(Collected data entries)
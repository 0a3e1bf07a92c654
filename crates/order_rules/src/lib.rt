// The rules of a 309: what each of its places must hold.
//
// Document 01, "The wage file", its list for 309. A rule answers a verdict.
// It goes by a place's order, and each arm names its places, so that in a line of 1,002 bytes the compiler knows their bounds.
#![tactic(auto)]

ghost use Rattle.std.specs.Prelude.{◌≡◌, get_or};
ghost use Rattle.wage_places.specs.declared.LineType.TheVariants.{Order};
ghost use Rattle.wage_places.specs.Places.{spots, no_spot, part_at};
ghost use Rattle.order_contents.specs.Contents.{held_in};
ghost use Rattle.order_rules.specs.Rules.{order_rule};

use classes::Class;
use order_contents::Held;
use verdict::Verdict;
use wage_places::{LineType, part_at};

// What a model's place of a 309 holds.
fn model_at(k: usize, s: &[u8]) -> Held
    ensures { result ≡ held_in (part_at (get_or (spots Order) k no_spot) s.now) }
{
    order_contents::model_in(part_at(LineType::Order, k, s))
}

// A 309's rule for a place.
#[tactic(auto, unfolding(wage_places::specs::Places::spots, wage_places::specs::Places::spot_in))]
pub fn order_rule(kind: u64, k: usize, s: &[u8]) -> Verdict
    ensures { result ≡ order_rule kind (get_or (spots Order) k no_spot).field (part_at (get_or (spots Order) k no_spot) s.now) s.now }
{
    match k {
        0 => wage_contents::judge_iban(false, part_at(LineType::Order, 0, s)),
        1 => Ok(()),
        2 => wage_contents::judge_among(0, 191, 191, part_at(LineType::Order, 2, s)),
        3 => order_contents::judge_model(model_at(3, s)),
        4 => order_contents::judge_reference(model_at(3, s), part_at(LineType::Order, 4, s)),
        5 => order_contents::judge_purpose(part_at(LineType::Order, 5, s)),
        6 => order_contents::judge_description(part_at(LineType::Order, 6, s)),
        7 => text::judge(Class::Digits, part_at(LineType::Order, 7, s)),
        8 => order_contents::judge_model(model_at(8, s)),
        9 => order_contents::judge_reference(model_at(8, s), part_at(LineType::Order, 9, s)),
        10 => wage_contents::judge_among(0, 1, 2, part_at(LineType::Order, 10, s)),
        11 => wage_contents::judge_currency(true, part_at(LineType::Order, 11, s)),
        12 => order_contents::judge_sign(32, 48, 51, part_at(LineType::Order, 12, s)),
        13 => order_contents::judge_sign(32, 48, 48, part_at(LineType::Order, 13, s)),
        14 => order_contents::judge_code(kind, model_at(8, s), part_at(LineType::Order, 14, s)),
        15 => wage_contents::judge_oib(kind != 5, part_at(LineType::Order, 15, s)),
        _ => Ok(()),
    }
}
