// Loads and verifies from a file: a case a line of standard input, an answer a line of standard output. A case is a name of 24 bytes and
// 46 numbers of six digits, then seven counts of ten; tests/vectors_load.py says what they mean and works out the answers.
#![tactic(auto)]

ghost use Rattle.std.specs.Prelude.{◌<◌, ◌≤◌};

use device::{Device, Part};
use loader::Work;
use loader_run::{Job, Ran};
use model_types::{Pins, State};
use vectors_states::{Erases, Shape};

// Number k of a case: as a length, as a byte, as 16 bits, as 32 bits.
fn field(case: &[u8], k: usize) -> usize
    requires { k < 100 }
{
    vectors_text::size_at(case, 10, 7 * k + 24, 6)
}

fn byte(case: &[u8], k: usize) -> u8
    requires { k < 100 }
{
    vectors_text::byte_at(case, 10, 7 * k + 24, 6)
}

fn half(case: &[u8], k: usize) -> u16
    requires { k < 100 }
{
    vectors_text::half_at(case, 10, 7 * k + 24, 6)
}

fn long(case: &[u8], k: usize) -> u32
    requires { k < 100 }
{
    vectors_text::word_at(case, 10, 7 * k + 24, 6)
}

// How much of a slice is lent, as number k says.
fn lent(case: &[u8], k: usize, there: usize) -> usize
    requires { k < 100 }
    ensures { result ≤ there }
{
    field(case, k).min(there)
}

// A slice gets the pattern of numbers j and j + 1.
fn prepare(case: &[u8], j: usize, s: &mut [u8])
    requires { j < 99 }
{
    let first = field(case, j);
    let step = field(case, j + 1);
    vectors_text::pattern(s, 256, first, step);
}

// So many bytes are changed, as the pairs of numbers from k on say.
fn change_all(case: &[u8], k: usize, n: usize, s: &mut [u8])
    requires { (k < 50) × (n < 10) }
{
    for at in (k..k + 2 * n).step_by(2) {
        text::put(s, field(case, at), byte(case, at + 1));
    }
}

// A file is written over the byte that the case says, and six bytes of it are changed.
fn write(case: &[u8], file: &mut [u8]) {
    let mut payload = [0u8; 113200];
    vectors_text::pattern(&mut payload, 256, 3, 7);
    let size = lent(case, 1, 113200);
    file.fill(byte(case, 43));
    let _ = file_writer::write(byte(case, 0), &payload[0..size], file);
    change_all(case, 2, 6, file);
}

// The file is laid into the array, where the case has a place for it.
fn lay(case: &[u8], array: &mut [u8], file: &[u8]) {
    let at = field(case, 36);
    if at < array.len() {
        common::copy(&mut array[at..], file);
    }
}

// The array before the load.
fn hold(case: &[u8], array: &mut [u8], file: &[u8]) {
    prepare(case, 30, array);
    lay(case, array, file);
    change_all(case, 37, 2, array);
}

fn device_of(case: &[u8]) -> Device {
    Device {
        part: Part {
            number: byte(case, 16),
            word: byte(case, 44) == 1,
        },
        program: half(case, 17),
        erase: half(case, 18),
        suspend: byte(case, 41),
    }
}

fn pins_of(case: &[u8]) -> Pins {
    Pins {
        rp: byte(case, 19),
        wp: byte(case, 45),
        vpp: long(case, 20),
    }
}

fn state_of(case: &[u8]) -> State {
    State {
        mode: vectors_states::mode_by(byte(case, 22)),
        status: byte(case, 23),
        phase: vectors_states::phase_by(byte(case, 24), 1),
        left: half(case, 25),
        address: long(case, 26),
        wear: vectors_states::wear_at(case, 346),
    }
}

// What is done with the file: a load and the verify after it, or a verify.
fn work_of(case: &[u8]) -> Work {
    if byte(case, 42) == 1 {
        return Work::Verify;
    }
    Work::Load(true)
}

// The load, or the verify where the case says so.
fn loaded(
    case: &[u8],
    array: &mut [u8],
    wanted: &mut [u8],
    scratch: &mut [u8],
    file: &[u8],
) -> Ran {
    let j = Job {
        device: device_of(case),
        state: state_of(case),
        pins: pins_of(case),
        block: byte(case, 21),
        work: work_of(case),
    };
    loader_from_file::load(j, array, wanted, scratch, file, byte(case, 15))
}

// What a slice holds: a digest, its first byte and its last, 0 where there is none.
fn tell_slice(rt: &impl Print, mark: char, s: &[u8]) {
    let sum = vectors_text::digest(s);
    let first = common::nth(s, 0);
    let last = common::nth(s, s.len().saturating_sub(1));
    let _ = print!(rt; " {mark} {sum} {first:02X} {last:02X}");
}

// The name of a case, the end, its address, the count and the state.
fn tell_end(rt: &impl Print, case: &[u8], x: Ran) {
    let n = case.len().min(24);
    streams::write_all(rt, &case[..n]);
    let _ = print!(rt;
        "E {} A {} N {} S {}",
        x.end,
        x.address,
        x.count,
        Shape(x.state)
    );
}

// The three slices after the load.
fn tell_slices(rt: &impl Print, array: &[u8], wanted: &[u8], scratch: &[u8]) {
    tell_slice(rt, 'a', array);
    tell_slice(rt, 'w', wanted);
    tell_slice(rt, 's', scratch);
}

// The counts before the load and after it.
fn tell_counts(rt: &impl Print, case: &[u8], x: Ran) {
    let had = Erases(state_of(case).wear);
    let has = Erases(x.state.wear);
    let _ = print!(rt; "{had} >{has}\n");
}

// The three slices are prepared, as far as they are lent.
fn ready(case: &[u8], array: &mut [u8], wanted: &mut [u8], scratch: &mut [u8], file: &[u8]) {
    hold(case, array, file);
    prepare(case, 32, wanted);
    prepare(case, 34, scratch);
}

// The load on what is lent, and its line.
fn run_case(
    rt: &impl Print,
    case: &[u8],
    array: &mut [u8],
    wanted: &mut [u8],
    scratch: &mut [u8],
    file: &[u8],
) {
    ready(case, array, wanted, scratch, file);
    let x = loaded(case, array, wanted, scratch, file);
    tell_end(rt, case, x);
    tell_slices(rt, array, wanted, scratch);
    tell_counts(rt, case, x);
}

// As much of each slice is lent as the case says.
fn with_slices(rt: &impl Print, case: &[u8], file: &[u8]) {
    let mut array = vectors_states::vast();
    let mut wanted = vectors_text::blank();
    let mut scratch = vectors_text::blank();
    let n = lent(case, 27, 524289);
    let m = lent(case, 28, 131073);
    let k = lent(case, 29, 131073);
    run_case(
        rt,
        case,
        &mut array[0..n],
        &mut wanted[0..m],
        &mut scratch[0..k],
        file,
    );
}

// One case: the file is made, and as much of it is used as the case says.
fn one(rt: &impl Print, case: &[u8]) {
    let mut file = [0u8; 115300];
    write(case, &mut file);
    let n = lent(case, 14, 115300);
    with_slices(rt, case, &file[0..n]);
}

// All cases of a text.
fn run_all(rt: &impl Print, text: &[u8]) {
    for case in text.chunks_exact(423) {
        one(rt, case);
    }
}

fn main(rt: HostRuntime) {
    let mut text = vectors_states::vast();
    let n = streams::read_input(&rt, &mut text);
    run_all(&rt, &text[..n]);
}
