/// The keys of the functions of a module.
fn defined_in(
    alloc: Global,
    table: &Table,
    taken: &[Option<usize>],
) -> Result<IndexSet<(usize, usize)>, AllocError>
    ensures { IfOk result (λ defined. AreDefined table.now.own taken.now (length table.now.own) defined.keys) }
{
    let mut defined = IndexSet::new(alloc);
    for index in 0..table.own.list().len() {
        note_key(&mut defined, key_at(table, taken, index, true))?;
    }
    Ok(defined)
}

fn note_key(
    defined: &mut IndexSet<(usize, usize)>,
    key: Option<(usize, usize)>,
) -> Result<(), AllocError>
    ensures { OnOk result (defined.new.keys ≡ with_key defined.old.keys key) }
{
    if let Some(key) = key {
        defined.insert(key)?;
    }
    Ok(())
}

fn has_key(defined: &IndexSet<(usize, usize)>, key: Option<(usize, usize)>) -> bool
    ensures { result ≡ has_key defined.now.keys key }
{
    match key {
        Some(key) => defined.contains(&key),
        None => false,
    }
}

/// The key of the entity of an index: the number of its name in its module, and of what it takes. None where it is no
/// function that is a definition, or no prototype, as it was asked for.
fn key_at(
    table: &Table,
    taken: &[Option<usize>],
    index: usize,
    definition: bool,
) -> Option<(usize, usize)>
    ensures { result ≡ key_at table.now.own taken.now (asked definition) index }
{
    match table.own.list().get(index) {
        Some(entity) => {
            if is_asked(entity.sort, definition) {
                key_of(table, index, taken_at(taken, index))
            } else {
                None
            }
        }
        None => None,
    }
}

fn is_asked(sort: Sort, definition: bool) -> bool
    ensures { result ≡ asked definition sort }
{
    if definition {
        is_definition(sort)
    } else {
        is_prototype(sort)
    }
}

fn key_of(table: &Table, index: usize, taken: Option<usize>) -> Option<(usize, usize)>
    ensures { (entity : Entity) → slice_get table.now.own index ≡ Some entity
        → result ≡ key_of table.now.own entity taken }
{
    match taken {
        Some(taken) => Some((table.own.number_at(index), taken)),
        None => None,
    }
}

pub fn taken_at(taken: &[Option<usize>], index: usize) -> Option<usize>
    ensures { result ≡ slice_index_or taken.now index None }
{
    match taken.get(index) {
        Some(taken) => *taken,
        None => None,
    }
}

/// Notes that the entity of this index is begun. False where it was noted before.
fn begin(begun: &mut [bool], index: usize) -> bool
    ensures { Begins begun.old index result begun.new }
{
    if index < begun.len() {
        let fresh = !begun[index];
        begun[index] = true;
        fresh
    } else {
        false
    }
}
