ghost use Rattle.std.specs.Prelude.{◌≡◌, false, None, option_map, IfOk};
ghost use Rattle.scope_tables.specs.Visible.{texts};
ghost use Rattle.scope_tables.specs.inside.Finding.{found_places};
ghost use Rattle.scope_core.specs.inside.Settling.{is_own_prototype, likely_base, only_place, others_of};
ghost use Rattle.scope_core.specs.inside.Based.{base_at, IsBase, AreBasesOf, NotesBase};

use crate::settled::{is_prototype, taken_at};
use case_table::{Seq, Text};
use indexmap::IndexSet;
use mdl_syntax::{Ident, NameForm};
use scope_tables::declared::Takes;
use scope_tables::found::{View, found};
use scope_tables::tables::{Place, Table, entity_at};
use std::alloc::{AllocError, Global};

/// What the name of a base finds, and which of it the base may be.
#[derive(Drop)]
pub struct Base {
    pub found: Vec<Place>,
    pub likely: Option<Place>,
}

/// The bases of the variants of a module. What a name finds is looked for once, however many variants have it.
#[derive(Drop)]
pub struct Bases {
    module: usize,
    /// For each entity the index of its base, where the name of that has components.
    indices: Vec<Option<usize>>,
    bases: Vec<Base>,
}

impl Bases {
    /// What is kept for the entity at a place.
    pub fn at(&self, place: Place) -> Option<&Base>
        ensures { option_map (λ base. base.now) result ≡ base_at self.now place }
    {
        if place.module == self.module {
            let index = taken_at(&self.indices, place.index)?;
            self.bases.get(index)
        } else {
            None
        }
    }
}

/// The bases of the entities of a module.
pub fn bases_of(
    alloc: Global,
    view: View,
    module: usize,
    takes: &[Takes],
) -> Result<Bases, AllocError>
    ensures { IfOk result
        (λ bases. AreBasesOf view.entry.names.now view.entry.tables.now «module» takes.now bases) }
{
    let mut forms: IndexSet<(bool, Seq<Text>)> = IndexSet::new(alloc);
    let mut bases = Vec::new(alloc);
    let mut indices = Vec::new(alloc);
    for index in 0..takes.len() {
        let number = note_base(alloc, view, module, &mut forms, &mut bases, takes[index])?;
        indices.push(number)?;
    }
    Ok(Bases {
        module,
        indices,
        bases,
    })
}

/// Notes the base of an entity, unless its name was noted before, and gives its index.
fn note_base(
    alloc: Global,
    view: View,
    module: usize,
    forms: &mut IndexSet<(bool, Seq<Text>)>,
    bases: &mut Vec<Base>,
    takes: Takes,
) -> Result<Option<usize>, AllocError>
    ensures { IfOk result (λ number. NotesBase view.entry.names.now view.entry.tables.now «module» takes.entry
        forms.old.keys bases.old.items number forms.new.keys bases.new.items) }
{
    match takes {
        Takes::Based(name) => match &name.form {
            NameForm::Word(_) => Ok(None),
            NameForm::Parts { absolute, parts } => {
                let copied = copied(alloc, parts.list())?;
                let (number, fresh) = forms.insert_full((*absolute, copied))?;
                if fresh {
                    let base = base_of(alloc, view, module, &name.form)?;
                    bases.push(base)?;
                }
                Ok(Some(number))
            }
        },
        Takes::Listed(_) => Ok(None),
        Takes::Known(_) => Ok(None),
    }
}

fn base_of(alloc: Global, view: View, module: usize, form: &NameForm) -> Result<Base, AllocError>
    ensures { IfOk result (IsBase view.entry.tables.now «module»
        (found_places view.entry.names.now view.entry.tables.now «module» form.now false)) }
{
    let found = found(alloc, view, module, form, false)?;
    let likely = likely(view.tables, module, &found);
    Ok(Base { found, likely })
}

fn copied(alloc: Global, parts: &[Ident]) -> Result<Seq<Text>, AllocError>
    ensures { IfOk result (λ copied. copied ≡ texts parts.now) }
{
    let mut copied = Vec::new(alloc);
    for part in parts {
        copied.push(part.text.clone()?)?;
    }
    Ok(Seq::of(copied))
}

/// The one of these that isn't a prototype of the module, or else the only one. None where there are others, or none.
pub fn likely(tables: &[Table], module: usize, found: &[Place]) -> Option<Place>
    ensures { result ≡ likely_base tables.now «module» found.now }
{
    if let [only] = found {
        return Some(*only);
    }
    only_other(tables, module, found)
}

fn only_other(tables: &[Table], module: usize, found: &[Place]) -> Option<Place>
    ensures { result ≡ only_place (others_of tables.now «module» found.now) }
{
    let mut first = None;
    let mut more = false;
    for index in 0..found.len() {
        if !is_own_prototype(tables, module, found[index]) {
            more = first.is_some();
            first = first.or(Some(found[index]));
        }
    }
    if more { None } else { first }
}

fn is_own_prototype(tables: &[Table], module: usize, place: Place) -> bool
    ensures { result ≡ is_own_prototype tables.now «module» place }
{
    match entity_at(tables, place) {
        Some(entity) => is_prototype(entity.sort) && place.module == module,
        None => false,
    }
}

[EXERCISE DESCRIPTION]:
Repeat the entries above verbatim, but only from the line that has "bases.push(base)?;" down to the line that has "let likely = likely(view.tables, module, &found);", inclusive.

[SOLUTION TO THE EXERCISE]:
                    bases.push(base)?;
                }
                Ok(Some(number))
            }
        },
        Takes::Listed(_) => Ok(None),
        Takes::Known(_) => Ok(None),
    }
}

fn base_of(alloc: Global, view: View, module: usize, form: &NameForm) -> Result<Base, AllocError>
    ensures { IfOk result (IsBase view.entry.tables.now «module»
        (found_places view.entry.names.now view.entry.tables.now «module» form.now false)) }
{
    let found = found(alloc, view, module, form, false)?;
    let likely = likely(view.tables, module, &found);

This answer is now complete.